(DATA TO PROCESS)

//! Threads under one mutex: what their steps do, and that every schedule reduces to whole sections.
#![tactic(auto)]

mod status;

pub use status::Status;
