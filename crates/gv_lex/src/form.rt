//! The forms of pieces.

ghost use Rattle.std.specs.Prelude.{◌≡◌};
ghost use Rattle.gv_lex.specs.Forms as spec;

use crate::bytes::is_name_start;
use gv_text::{is_blank, is_decimal};

/// What a piece of a text is by its first bytes.
#[derive(Clone, Copy, Debug, PartialEq, Eq)]
pub enum Form {
    /// One white space character.
    Blank,
    /// From `//` to the end of the line.
    Comment,
    /// A letter or `_`, and letters, digits, `_` and single dots after it.
    Word,
    /// Letters, digits and `_` after a digit.
    Number,
    /// `#` and hexadecimal digits.
    Literal,
    /// An operator or punctuation, or what begins no piece.
    Sign,
}

#[tactic(auto, unfolding(crate::specs::Forms::form_of))]
pub fn form_of(text: &[u8]) -> Form
    ensures { result ≡ spec.form_of text.now }
{
    match text {
        [] => form_by(0, 0),
        [first] => form_by(*first, 0),
        [first, second, ..] => form_by(*first, *second),
    }
}

fn form_by(first: u8, second: u8) -> Form
    ensures { result ≡ spec.form_by first second }
{
    if is_blank(first) {
        Form::Blank
    } else if first == b'/' && second == b'/' {
        Form::Comment
    } else if is_name_start(first) {
        Form::Word
    } else if is_decimal(first) {
        Form::Number
    } else if first == b'#' {
        Form::Literal
    } else {
        Form::Sign
    }
}
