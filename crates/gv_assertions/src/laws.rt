//! Laws of the definitions in this crate. Each function does nothing: its contract is the law.

ghost use Rattle.gv_assertions.specs.Laws.{ListsLaw, PartsLaw, RangesLaw};

/// Assertions stand in any order, and lists of them are put together and parted.
pub fn list_laws()
    ensures { ListsLaw }
{}

/// What is durable, persistent or free of tokens, through every case of every predicate, is stood for by the
/// durable, persistent or token-free part of a piece.
pub fn kept_parts()
    ensures { PartsLaw }
{}

/// Numbers come out of ranges and go back; ranges are split and joined.
pub fn range_laws()
    ensures { RangesLaw }
{}
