//! Tokens of this project's own texts: the characters' stage of reading specifications, schedules, histories, moves and
//! scripts.
//!
//! Here stand the own texts' forms: `form` tells what a piece is by its first bytes, `pieces` how long it is and whether it is
//! right, and `layout` which token it gives. How a text is cut into pieces and which fault comes first is the same for every
//! kind of text, and stands in gv_text. `reading` has the one pass, and `found` the fault of a grammar at a token. `term` of
//! gv_termread reads a term from one of the tokens on.
#![tactic(auto)]

mod bytes;
mod form;
mod found;
mod laws;
mod layout;
mod literals;
mod names;
mod numbers;
mod pieces;
mod reading;
mod signs;

pub use found::{found_in, unexpected_in};
pub use gv_base::{Kind, Token, place_of};
pub use gv_termread::{number_of, term};
pub use laws::own_texts_are_decided;
pub use reading::lex;
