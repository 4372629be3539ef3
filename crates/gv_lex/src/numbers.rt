//! Numbers as pieces, right and wrong.

ghost use Rattle.std.specs.Prelude.{◌≡◌, ◌≤◌, length};
ghost use Rattle.std.specs.Char.{is_digit};
ghost use Rattle.std.specs.List.{list_all};
ghost use Rattle.gv_lex.specs.Numbers as spec;

use crate::bytes::is_name_byte;
use gv_text::{is_digit, value_of};

// The largest number that a text may hold.
const LARGEST: u128 = 1 << 127;

/// How many letters, digits and `_` are at the start of a text.
pub fn number_len(text: &[u8]) -> usize
    ensures value { result ≡ spec.number_length text.now }
    ensures within { result ≤ length text.now }
{
    for (i, byte) in text.iter().enumerate() {
        if !is_name_byte(*byte) {
            return i;
        }
    }
    text.len()
}

fn are_digits(bytes: &[u8], radix: u32) -> bool
    requires least { 2 ≤ radix }
    requires most { radix ≤ 36 }
    ensures { result ≡ spec.are_digits radix bytes.now }
{
    !bytes.is_empty() && all_digits(bytes, radix)
}

fn all_digits(bytes: &[u8], radix: u32) -> bool
    requires least { 2 ≤ radix }
    requires most { radix ≤ 36 }
    ensures { result ≡ list_all (λ b. is_digit b radix) bytes.now }
{
    bytes.iter().all(|byte| is_digit(*byte, radix))
}

fn is_right_decimal(bytes: &[u8]) -> bool
    ensures { result ≡ spec.is_right_decimal bytes.now }
{
    are_digits(bytes, 10)
        && (bytes.len() == 1 || bytes[0] != b'0')
        && value_of(bytes, 10, LARGEST).is_some()
}

fn is_right_hexadecimal(digits: &[u8]) -> bool
    ensures { result ≡ spec.is_right_hexadecimal digits.now }
{
    are_digits(digits, 16) && value_of(digits, 16, LARGEST).is_some()
}

/// Whether bytes are a number up to the largest one.
pub fn is_right_number(bytes: &[u8]) -> bool
    ensures { result ≡ spec.is_right_number bytes.now }
{
    match bytes {
        [b'0', b'x', digits @ ..] => is_right_hexadecimal(digits),
        _ => is_right_decimal(bytes),
    }
}
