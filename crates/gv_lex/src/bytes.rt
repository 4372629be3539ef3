//! Classes of bytes.

ghost use Rattle.std.specs.Prelude.{◌≡◌};
ghost use Rattle.gv_lex.specs.Bytes as spec;

use gv_text::is_digit;

/// Whether an identifier may begin with a byte.
pub fn is_name_start(byte: u8) -> bool
    ensures { result ≡ spec.is_name_start byte }
{
    byte.is_ascii_alphabetic() || byte == b'_'
}

/// Whether a byte is an ASCII letter, an ASCII digit or `_`.
pub fn is_name_byte(byte: u8) -> bool
    ensures { result ≡ spec.is_name_byte byte }
{
    byte.is_ascii_alphanumeric() || byte == b'_'
}

/// Whether a byte is a hexadecimal digit of either case.
pub fn is_hex(byte: u8) -> bool
    ensures { result ≡ spec.is_hex byte }
{
    is_digit(byte, 16)
}
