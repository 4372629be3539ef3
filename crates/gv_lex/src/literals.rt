//! Literals of bytes as pieces.

ghost use Rattle.std.specs.Prelude.{◌≡◌, ◌≤◌, length};
ghost use Rattle.gv_lex.specs.Literals as spec;

use crate::bytes::is_hex;

/// How many bytes the literal at the start of a text has, or 0 where there is none.
pub fn literal_len(text: &[u8]) -> usize
    ensures value { result ≡ spec.literal_length text.now }
    ensures within { result ≤ length text.now }
{
    match text {
        [b'#', rest @ ..] => 1 + hex_run(rest),
        _ => 0,
    }
}

fn hex_run(text: &[u8]) -> usize
    ensures value { result ≡ spec.hex_run text.now }
    ensures within { result ≤ length text.now }
{
    for (i, byte) in text.iter().enumerate() {
        if !is_hex(*byte) {
            return i;
        }
    }
    text.len()
}

/// Whether a literal has two digits for each byte.
pub fn has_whole_bytes(literal: &[u8]) -> bool
    ensures { result ≡ spec.has_whole_bytes literal.now }
{
    match literal {
        [_, digits @ ..] => digits.len() % 2 == 0,
        [] => true,
    }
}
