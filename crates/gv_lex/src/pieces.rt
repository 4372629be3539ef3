//! Pieces of a text, right and wrong.

ghost use Rattle.std.specs.Prelude.{◌≡◌, ◌≤◌, length};
ghost use Rattle.gv_lex.specs.Pieces as spec;

use crate::form::Form;
use crate::literals::{has_whole_bytes, literal_len};
use crate::names::name_len;
use crate::numbers::{is_right_number, number_len};
use crate::signs::sign_len;
use gv_base::Code;
use gv_text::{blank_len, line_len};

/// How many bytes a piece of a form takes at the start of a text, or 0.
pub fn len_of(form: Form, text: &[u8]) -> usize
    ensures value { result ≡ spec.length_of form text.now }
    ensures within { result ≤ length text.now }
{
    match form {
        Form::Blank => blank_len(text),
        Form::Comment => line_len(text),
        Form::Word => name_len(text),
        Form::Number => number_len(text),
        Form::Literal => literal_len(text),
        Form::Sign => sign_len(text),
    }
}

/// Why a piece is refused, at its first byte.
pub fn code_of(form: Form, bytes: &[u8]) -> Option<Code>
    ensures { result ≡ spec.code_of form bytes.now }
{
    match form {
        Form::Number if !is_right_number(bytes) => Some(Code::BadNumber),
        Form::Literal if !has_whole_bytes(bytes) => Some(Code::BadNumber),
        _ => None,
    }
}
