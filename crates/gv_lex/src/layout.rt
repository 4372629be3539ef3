//! The tokens among pieces.

ghost use Rattle.std.specs.Prelude.{◌≡◌, ◌+◌, ◌-◌, ◌^◌, ◌<◌, ◌++◌, length, OnOk};
ghost use Rattle.gv_lex.specs.Layout as spec;

use crate::form::Form;
use gv_base::{Kind, NoMemory, Token};
use gv_text::sign_kind;

fn kind_of(form: Form, bytes: &[u8]) -> Option<Kind>
    ensures { result ≡ spec.kind_of form bytes.now }
{
    match form {
        Form::Blank | Form::Comment => None,
        Form::Word => Some(Kind::Word),
        Form::Number => Some(Kind::Number),
        Form::Literal => Some(Kind::Text),
        Form::Sign => Some(sign_kind(bytes)),
    }
}

/// Adds a piece as a token, where it is one.
pub fn lay(out: &mut Vec<Token>, at: u32, form: Form, bytes: &[u8]) -> Result<(), NoMemory>
    requires { at + length bytes.now < 2 ^ 32 - 1 }
    ensures { OnOk result (out.new.items
        ≡ out.old.items ++ spec.token_for (spec.kind_of form bytes.now) at bytes.now) }
{
    if let Some(kind) = kind_of(form, bytes) {
        out.push(Token {
            start: at,
            end: at + bytes.len() as u32,
            kind,
        })?;
    }
    Ok(())
}
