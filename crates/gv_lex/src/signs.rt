//! Operators and punctuation.

ghost use Rattle.std.specs.Prelude.{◌≡◌, ◌≤◌, [], ◌∷◌, length};
ghost use Rattle.gv_lex.specs.Signs as spec;

#[tactic(auto, unfolding(crate::specs::Signs::is_sign))]
fn is_sign_of_one(byte: u8) -> bool
    ensures { result ≡ spec.is_sign (byte ∷ []) }
{
    match byte {
        b'(' | b')' | b'[' | b']' | b'{' | b'}' | b',' | b';' | b':' | b'=' | b'!' => true,
        b'<' | b'>' | b'+' | b'-' | b'*' | b'/' | b'%' | b'&' | b'|' | b'^' | b'?' => true,
        _ => false,
    }
}

#[tactic(auto, unfolding(crate::specs::Signs::is_sign))]
fn is_sign_of_two(first: u8, second: u8) -> bool
    ensures { result ≡ spec.is_sign (first ∷ second ∷ []) }
{
    match (first, second) {
        (b':', b'=') | (b'-', b'>') | (b'.', b'.') | (b'=', b'=') | (b'!', b'=') => true,
        (b'<', b'=') | (b'>', b'=') | (b'<', b'<') | (b'>', b'>') => true,
        (b'&', b'&') | (b'|', b'|') | (b'&', b'^') => true,
        _ => false,
    }
}

/// The length of the longest sign that a text begins with, or 0.
#[tactic(auto, unfolding(crate::specs::Signs::sign_length))]
pub fn sign_len(text: &[u8]) -> usize
    ensures value { result ≡ spec.sign_length text.now }
    ensures within { result ≤ length text.now }
{
    match text {
        [] => 0,
        [first] => usize::from(is_sign_of_one(*first)),
        [first, second, ..] => {
            if is_sign_of_two(*first, *second) {
                2
            } else {
                usize::from(is_sign_of_one(*first))
            }
        }
    }
}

(End DATA TO PROCESS)

WORK TO BE COMPLETED:
Up to and including the line that contains "its first bytes.", output the records above exactly, beginning with their first line.

ANSWER AREA:
//! Threads under one mutex: what their steps do, and that every schedule reduces to whole sections.
#![tactic(auto)]

mod status;

pub use status::Status;
filename crates/gv_lex/src/form.rt
//! The forms of pieces.

ghost use Rattle.std.specs.Prelude.{◌≡◌};
ghost use Rattle.gv_lex.specs.Forms as spec;

use crate::bytes::is_name_start;
use gv_text::{is_blank, is_decimal};

/// What a piece of a text is by its first bytes.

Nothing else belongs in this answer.